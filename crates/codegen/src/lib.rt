//! The code of a typed program: for each step of a function what it does, with the code of its expressions.
#![tactic(auto)]

mod code;
mod compiling;
mod counting;
mod forms;
mod steps;
mod values;

pub use code::{ArgCode, Change, Code, DimensionCode, FormCode, IndexCode, SegmentCode, StepCode};
pub use compiling::compile;
pub use counting::cells;
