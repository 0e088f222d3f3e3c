// The table of rights (request #105): four roles by four rights, one byte a cell, role by role. It is lent beside a preprocessor and is no part of it.
ghost use Rattle.std.specs.Prelude.{◌≡◌, true, [], ◌∷◌, ◌<◌, eqb};
ghost use Rattle.access.specs.Access.{place, bits, table_fits, table_entry, granted, allowed, every_right};
ghost use Rattle.access.specs.declared.rights.Right.TheVariants.{SEE, LEARN};

use refusal::Refusal;

// In the order of a role's cells: see (point, transform, turn-back, scale, shift, status and the getters), learn (learn, drain), save, restore.
#[derive(Clone, Copy, Debug, PartialEq, Eq, Hash)]
pub enum Right {
    SEE,
    LEARN,
    SAVE,
    RESTORE,
}

// The place of its cell among a role's four.
impl From<Right> for usize {
    ghost from_gives = { λ right at. (at ≡ place right) × (at < 4) };

    fn from(right: Right) -> usize {
        match right {
            Right::SEE => 0,
            Right::LEARN => 1,
            Right::SAVE => 2,
            Right::RESTORE => 3,
        }
    }
}

// The table of a program that asks for no roles.
pub fn every_right() -> [u8; 16]
    ensures { result ≡ every_right }
{
    [1; 16]
}

// Whether every cell is 0 or 1, by the largest of them: all are looked at, so that a compiler can look at them at once.
fn all_bits(table: &[u8]) -> bool
    ensures { result ≡ bits table.now }
{
    let mut largest = 0;
    for cell in table {
        largest = largest.max(*cell);
    }
    largest < 2
}

// Whether the table is one, and the role one of its four.
fn has_role(table: &[u8], role: u64) -> bool
    ensures { result ≡ table_fits table.now role }
{
    table.len() == 16 && role < 4 && all_bits(table)
}

// Whether the cell says so.
fn is_granted(table: &[u8], role: u64, right: Right) -> bool
    requires { table_fits table.now role ≡ true }
    ensures { result ≡ eqb (table_entry table.now role right) 1 }
{
    let right_at = usize::from(right);
    let at = 4 * (role as usize) + right_at;
    table[at] == 1
}

// Whether the role has the right.
pub fn may(table: &[u8], role: u64, right: Right) -> bool
    ensures { result ≡ granted table.now role (right ∷ []) }
{
    has_role(table, role) && is_granted(table, role, right)
}

// Whether the role has both rights that a point needs.
pub fn may_point(table: &[u8], role: u64) -> bool
    ensures { result ≡ granted table.now role (SEE ∷ LEARN ∷ []) }
{
    has_role(table, role)
        && is_granted(table, role, Right::SEE)
        && is_granted(table, role, Right::LEARN)
}

// Every entry that a role may be refused begins with one of these two.
pub fn demand(table: &[u8], role: u64, right: Right) -> Result<(), Refusal>
    ensures { result ≡ allowed (granted table.now role (right ∷ [])) }
{
    if may(table, role, right) {
        Ok(())
    } else {
        Err(Refusal::Withheld)
    }
}

pub fn demand_point(table: &[u8], role: u64) -> Result<(), Refusal>
    ensures { result ≡ allowed (granted table.now role (SEE ∷ LEARN ∷ [])) }
{
    if may_point(table, role) {
        Ok(())
    } else {
        Err(Refusal::Withheld)
    }
}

☆ ☆ ☆ ☆ ☆ ☆ ☆

▶ **What you need to do**:
The lines you need run from the one containing "result ≡ granted table.now role (SEE" to the end of the listing. Output exactly those, both ends included.

▶ **Task output**:
    ensures { result ≡ granted table.now role (SEE ∷ LEARN ∷ []) }
{
    has_role(table, role)
        && is_granted(table, role, Right::SEE)
        && is_granted(table, role, Right::LEARN)
}

// Every entry that a role may be refused begins with one of these two.
pub fn demand(table: &[u8], role: u64, right: Right) -> Result<(), Refusal>
    ensures { result ≡ allowed (granted table.now role (right ∷ [])) }
{
    if may(table, role, right) {
        Ok(())
    } else {
        Err(Refusal::Withheld)
    }
}

pub fn demand_point(table: &[u8], role: u64) -> Result<(), Refusal>
    ensures { result ≡ allowed (granted table.now role (SEE ∷ LEARN ∷ [])) }
{
    if may_point(table, role) {
        Ok(())
    } else {
        Err(Refusal::Withheld)
    }
}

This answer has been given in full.